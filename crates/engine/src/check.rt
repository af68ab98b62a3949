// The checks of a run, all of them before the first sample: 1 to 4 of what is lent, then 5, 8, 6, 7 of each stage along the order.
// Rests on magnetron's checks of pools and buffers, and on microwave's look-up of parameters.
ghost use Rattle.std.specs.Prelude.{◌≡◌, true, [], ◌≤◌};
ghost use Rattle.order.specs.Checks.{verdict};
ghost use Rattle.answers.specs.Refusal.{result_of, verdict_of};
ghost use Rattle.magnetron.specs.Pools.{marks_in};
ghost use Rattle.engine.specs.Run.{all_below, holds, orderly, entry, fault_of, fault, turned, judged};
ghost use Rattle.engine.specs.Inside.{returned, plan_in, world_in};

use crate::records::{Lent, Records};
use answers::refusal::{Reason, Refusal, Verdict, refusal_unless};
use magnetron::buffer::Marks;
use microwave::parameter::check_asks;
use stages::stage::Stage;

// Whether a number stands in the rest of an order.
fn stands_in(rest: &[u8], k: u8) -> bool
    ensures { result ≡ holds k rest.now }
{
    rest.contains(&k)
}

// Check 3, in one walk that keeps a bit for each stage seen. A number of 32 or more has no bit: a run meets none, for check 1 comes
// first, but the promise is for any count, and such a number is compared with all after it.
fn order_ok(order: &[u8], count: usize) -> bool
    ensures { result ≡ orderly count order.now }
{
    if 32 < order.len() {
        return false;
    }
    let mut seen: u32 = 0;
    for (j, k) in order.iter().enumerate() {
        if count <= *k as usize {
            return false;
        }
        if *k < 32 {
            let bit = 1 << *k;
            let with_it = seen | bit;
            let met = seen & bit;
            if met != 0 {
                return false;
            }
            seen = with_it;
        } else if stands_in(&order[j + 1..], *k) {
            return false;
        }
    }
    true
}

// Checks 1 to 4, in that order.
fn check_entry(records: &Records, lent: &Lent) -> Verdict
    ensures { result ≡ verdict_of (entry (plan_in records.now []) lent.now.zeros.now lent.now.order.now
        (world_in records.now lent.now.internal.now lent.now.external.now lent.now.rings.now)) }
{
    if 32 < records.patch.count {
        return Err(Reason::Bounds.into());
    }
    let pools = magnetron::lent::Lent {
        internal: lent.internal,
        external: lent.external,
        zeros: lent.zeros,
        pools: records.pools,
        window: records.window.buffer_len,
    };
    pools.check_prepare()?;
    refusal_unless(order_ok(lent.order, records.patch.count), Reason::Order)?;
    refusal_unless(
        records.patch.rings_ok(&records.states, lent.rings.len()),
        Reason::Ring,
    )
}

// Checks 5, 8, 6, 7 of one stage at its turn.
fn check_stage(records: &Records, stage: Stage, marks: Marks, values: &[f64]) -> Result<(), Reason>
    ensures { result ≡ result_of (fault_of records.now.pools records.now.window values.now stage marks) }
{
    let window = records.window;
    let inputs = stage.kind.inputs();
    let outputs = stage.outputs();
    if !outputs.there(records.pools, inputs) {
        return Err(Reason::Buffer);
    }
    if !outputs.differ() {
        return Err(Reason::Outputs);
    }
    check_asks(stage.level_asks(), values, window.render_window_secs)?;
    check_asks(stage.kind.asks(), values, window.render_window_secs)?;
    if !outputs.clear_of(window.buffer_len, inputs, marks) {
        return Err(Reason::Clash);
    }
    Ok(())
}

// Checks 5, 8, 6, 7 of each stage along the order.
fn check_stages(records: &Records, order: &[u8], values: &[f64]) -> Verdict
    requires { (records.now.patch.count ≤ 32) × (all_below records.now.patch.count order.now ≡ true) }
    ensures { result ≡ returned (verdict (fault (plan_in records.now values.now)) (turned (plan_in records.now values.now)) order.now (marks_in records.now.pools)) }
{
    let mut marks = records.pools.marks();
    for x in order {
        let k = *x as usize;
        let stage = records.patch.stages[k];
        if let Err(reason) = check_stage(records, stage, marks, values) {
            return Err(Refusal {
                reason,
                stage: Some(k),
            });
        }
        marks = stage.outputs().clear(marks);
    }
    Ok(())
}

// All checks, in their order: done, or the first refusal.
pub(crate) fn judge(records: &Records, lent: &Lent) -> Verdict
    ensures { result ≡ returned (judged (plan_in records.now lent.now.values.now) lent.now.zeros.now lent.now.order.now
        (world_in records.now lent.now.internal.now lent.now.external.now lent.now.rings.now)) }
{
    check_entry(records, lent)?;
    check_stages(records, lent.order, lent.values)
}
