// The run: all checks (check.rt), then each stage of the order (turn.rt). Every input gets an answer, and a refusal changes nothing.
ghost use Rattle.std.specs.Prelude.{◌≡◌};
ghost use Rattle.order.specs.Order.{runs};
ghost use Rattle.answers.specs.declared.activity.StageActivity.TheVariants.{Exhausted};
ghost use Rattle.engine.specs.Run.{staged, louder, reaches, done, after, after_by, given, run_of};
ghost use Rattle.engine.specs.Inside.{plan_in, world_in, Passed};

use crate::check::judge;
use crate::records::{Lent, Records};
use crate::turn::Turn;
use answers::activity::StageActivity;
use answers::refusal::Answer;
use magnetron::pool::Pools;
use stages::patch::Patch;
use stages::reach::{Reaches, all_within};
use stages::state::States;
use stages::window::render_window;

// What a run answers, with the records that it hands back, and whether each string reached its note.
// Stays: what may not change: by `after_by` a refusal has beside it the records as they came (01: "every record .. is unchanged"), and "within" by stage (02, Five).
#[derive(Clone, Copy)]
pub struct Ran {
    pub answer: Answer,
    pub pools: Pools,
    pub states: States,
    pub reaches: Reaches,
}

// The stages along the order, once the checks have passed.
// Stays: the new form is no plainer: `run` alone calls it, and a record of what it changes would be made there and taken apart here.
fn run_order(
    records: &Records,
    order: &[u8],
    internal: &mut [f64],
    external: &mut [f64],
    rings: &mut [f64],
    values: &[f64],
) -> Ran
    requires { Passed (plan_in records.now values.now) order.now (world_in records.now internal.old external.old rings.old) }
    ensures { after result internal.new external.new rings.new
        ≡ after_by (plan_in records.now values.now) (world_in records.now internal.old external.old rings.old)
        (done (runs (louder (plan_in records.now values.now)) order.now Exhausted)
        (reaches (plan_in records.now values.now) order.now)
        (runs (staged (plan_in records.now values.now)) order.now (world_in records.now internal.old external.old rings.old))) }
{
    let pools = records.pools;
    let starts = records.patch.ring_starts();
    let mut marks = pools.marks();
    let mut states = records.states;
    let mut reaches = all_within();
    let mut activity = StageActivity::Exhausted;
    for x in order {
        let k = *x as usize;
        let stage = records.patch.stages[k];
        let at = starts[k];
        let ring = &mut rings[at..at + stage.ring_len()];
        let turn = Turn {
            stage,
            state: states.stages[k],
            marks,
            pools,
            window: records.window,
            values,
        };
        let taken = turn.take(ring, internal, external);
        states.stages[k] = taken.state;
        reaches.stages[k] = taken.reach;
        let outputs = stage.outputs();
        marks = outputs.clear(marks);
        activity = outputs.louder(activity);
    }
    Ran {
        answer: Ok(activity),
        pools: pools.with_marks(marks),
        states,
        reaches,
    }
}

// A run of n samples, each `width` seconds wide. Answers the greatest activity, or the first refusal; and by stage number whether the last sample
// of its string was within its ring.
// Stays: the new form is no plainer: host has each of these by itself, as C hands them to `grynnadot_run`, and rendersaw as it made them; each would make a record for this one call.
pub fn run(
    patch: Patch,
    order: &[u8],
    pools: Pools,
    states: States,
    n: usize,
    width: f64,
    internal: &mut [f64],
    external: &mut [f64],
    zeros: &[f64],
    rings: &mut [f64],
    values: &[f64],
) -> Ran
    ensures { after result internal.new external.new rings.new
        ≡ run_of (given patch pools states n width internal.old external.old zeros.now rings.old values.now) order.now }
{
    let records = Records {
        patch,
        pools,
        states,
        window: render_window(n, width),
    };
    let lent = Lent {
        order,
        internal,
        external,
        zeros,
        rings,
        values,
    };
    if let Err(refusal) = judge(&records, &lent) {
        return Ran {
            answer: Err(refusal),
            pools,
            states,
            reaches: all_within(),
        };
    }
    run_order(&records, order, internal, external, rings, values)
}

==

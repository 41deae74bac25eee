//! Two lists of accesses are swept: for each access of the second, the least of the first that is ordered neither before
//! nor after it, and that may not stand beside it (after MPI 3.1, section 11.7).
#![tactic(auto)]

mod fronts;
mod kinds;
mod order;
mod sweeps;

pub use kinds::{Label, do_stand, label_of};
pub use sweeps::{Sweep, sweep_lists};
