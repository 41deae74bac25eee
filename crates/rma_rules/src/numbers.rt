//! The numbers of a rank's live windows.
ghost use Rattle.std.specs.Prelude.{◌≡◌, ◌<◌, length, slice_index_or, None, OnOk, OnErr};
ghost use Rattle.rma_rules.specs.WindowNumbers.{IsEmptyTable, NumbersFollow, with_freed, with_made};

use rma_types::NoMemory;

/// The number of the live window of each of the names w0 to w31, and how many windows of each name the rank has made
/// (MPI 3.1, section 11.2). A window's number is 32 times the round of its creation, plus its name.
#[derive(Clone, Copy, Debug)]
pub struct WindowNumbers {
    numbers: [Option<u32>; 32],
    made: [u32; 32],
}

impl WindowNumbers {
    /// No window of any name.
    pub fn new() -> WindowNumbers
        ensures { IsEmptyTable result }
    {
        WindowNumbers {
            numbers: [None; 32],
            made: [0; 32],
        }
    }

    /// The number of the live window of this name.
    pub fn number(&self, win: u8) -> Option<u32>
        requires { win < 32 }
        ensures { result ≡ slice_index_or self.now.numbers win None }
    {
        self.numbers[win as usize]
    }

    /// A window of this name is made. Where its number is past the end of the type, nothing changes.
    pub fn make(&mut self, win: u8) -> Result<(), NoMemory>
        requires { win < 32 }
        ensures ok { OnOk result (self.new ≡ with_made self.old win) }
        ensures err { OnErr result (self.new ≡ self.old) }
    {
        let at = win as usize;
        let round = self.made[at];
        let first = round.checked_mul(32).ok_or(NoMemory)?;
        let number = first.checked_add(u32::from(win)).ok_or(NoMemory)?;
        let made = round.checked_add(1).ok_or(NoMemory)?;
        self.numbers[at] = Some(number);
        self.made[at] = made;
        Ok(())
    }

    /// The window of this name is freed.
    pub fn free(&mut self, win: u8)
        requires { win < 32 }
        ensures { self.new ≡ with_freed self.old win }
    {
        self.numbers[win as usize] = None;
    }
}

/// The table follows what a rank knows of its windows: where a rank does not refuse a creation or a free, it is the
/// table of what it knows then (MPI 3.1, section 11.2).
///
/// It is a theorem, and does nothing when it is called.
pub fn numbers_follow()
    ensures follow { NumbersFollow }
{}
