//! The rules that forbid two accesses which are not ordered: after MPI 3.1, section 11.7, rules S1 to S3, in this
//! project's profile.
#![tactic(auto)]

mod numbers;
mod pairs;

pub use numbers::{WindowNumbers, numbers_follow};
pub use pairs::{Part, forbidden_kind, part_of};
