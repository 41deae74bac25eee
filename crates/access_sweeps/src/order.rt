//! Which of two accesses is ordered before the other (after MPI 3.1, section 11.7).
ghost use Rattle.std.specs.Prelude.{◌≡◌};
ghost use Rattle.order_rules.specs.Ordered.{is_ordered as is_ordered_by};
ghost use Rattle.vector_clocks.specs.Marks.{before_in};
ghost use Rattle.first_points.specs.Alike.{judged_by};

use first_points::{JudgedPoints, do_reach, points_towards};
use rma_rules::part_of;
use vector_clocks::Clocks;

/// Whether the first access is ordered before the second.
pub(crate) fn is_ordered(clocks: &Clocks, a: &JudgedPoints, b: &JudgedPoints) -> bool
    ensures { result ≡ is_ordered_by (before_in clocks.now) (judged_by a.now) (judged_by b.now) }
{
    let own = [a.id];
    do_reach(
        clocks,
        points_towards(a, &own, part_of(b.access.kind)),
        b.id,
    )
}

* **What is needed**:
Which lines above hold the string "returned"? Copy every one of them.

* **Answer space**:
ghost use Rattle.engine.specs.Inside.{returned, plan_in, world_in};
    ensures { result ≡ returned (verdict (fault (plan_in records.now values.now)) (turned (plan_in records.now values.now)) order.now (marks_in records.now.pools)) }
    ensures { result ≡ returned (judged (plan_in records.now lent.now.values.now) lent.now.zeros.now lent.now.order.now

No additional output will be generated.